Kita sadari kenyataanya bahwa memang sistem hukum di negara kita, Indonesia, tajam ke bawah tumpul ke atas. Keadaan seperti itu lama-lama akan membawa Indonesia dalam ambang kehancuran di masa yang akan datang. Bagi para elit, sebesar apapun masalahnya sepertinya jika dibandingkan dengan permasalahan yang dilakukan rakyat biasa hukumannya tidak sebanding. Hal tersebut membuat kita biasa membuat menerka yang tidak-tidak terhadap sistem hukum yang sedang berjalan ini.

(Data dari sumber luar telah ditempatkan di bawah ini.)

//! What holds of a line, whatever it loses, repeats and reorders.
ghost use Rattle.std.specs.Prelude.{◌≡◌, ◌≢◌, ℕ, ◌≤◌, List, length, IfSome, slice_get};
ghost use Rattle.chorus_transport.specs.declared.sender.Acked.TheVariants.{Beyond};
ghost use Rattle.chorus_transport.specs.Sending.{next_number, answer_to};
ghost use Rattle.chorus_transport.specs.Receiving.{ack_of};
ghost use Rattle.chorus_transport.specs.Line.{Event, line_after, IsPrefixOf};

/// The law of a line, for every window and every list of events. It says what is never wrong, and nothing of what arrives:
/// a line that loses everything keeps it too.
pub fn line_delivers_prefix()
    // What was delivered is a prefix of what was put.
    ensures prefix { (window : ℕ) (events : List Event) →
        let line = line_after window events in IsPrefixOf line.delivered line.put }
    // The receiver has all that the sender let go.
    ensures in_order { (window : ℕ) (events : List Event) →
        let line = line_after window events in line.sender.base ≤ ack_of line.receiver }
    // No acknowledgement is of what was never put.
    ensures never_beyond { (window : ℕ) (events : List Event) (which : ℕ) →
        let line = line_after window events in
        IfSome (slice_get line.acks which) (λ upto. answer_to line.sender upto ≢ Beyond) }
    // The ends' numbers count what was put and what was delivered.
    ensures counted { (window : ℕ) (events : List Event) →
        let line = line_after window events in
        (next_number line.sender ≡ length line.put)
        × (line.receiver.delivered ≡ length line.delivered) }
{}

Tidak terlepas dari itu, kita semua tau bahwa putusan hakim sangat memberikan pengaruh terhadap setiap permasalahan yang sedang dihadapi oleh para terdakwa. Putusan hakim memiliki andil yang besar dan hakim pun harus memberikan putusan tersebut sesuai aturan yang telah dituliskan dalam UUD, KUHP dan tentunya KUHAP. Oleh karena itu, hakim menanggung tugas yang sangat berat karena ia menentukan nasib orang dimasa depan. Dalam menjalankan tugasnya hakim harus mengindahkan etika profesinya untuk menjaga nama baiknya di masyarakat.
Mungkin sebagian dari kalian yang membaca ini belum tau apa maksud dari judul essai saya ini. Putusan Hakim vs Hati Nurani. Apa maksudnya? Kita tau bahwa banyak yang menyebutkan hakim merupakan wakil Tuhan di dunia yang memahami tentang dunia hukum dan peradilan. Lalu, bagaimana nantinya jika ada suatu kasus yang mana hakim harus bertindak professional dan adil tetapi ia iba dengan kasus yang sedang dia proses. Di sisi inilah hakim harus berperang dengan hati nuraninya, apakah pelaku pidana tersebut harus diadili sesuai dengan peraturan yang berlaku atau dibebaskan secara gamblang karena mengikuti rasa iba yang ada di hati nuraninya. Semua putusan tersebut ada di tangan hakim.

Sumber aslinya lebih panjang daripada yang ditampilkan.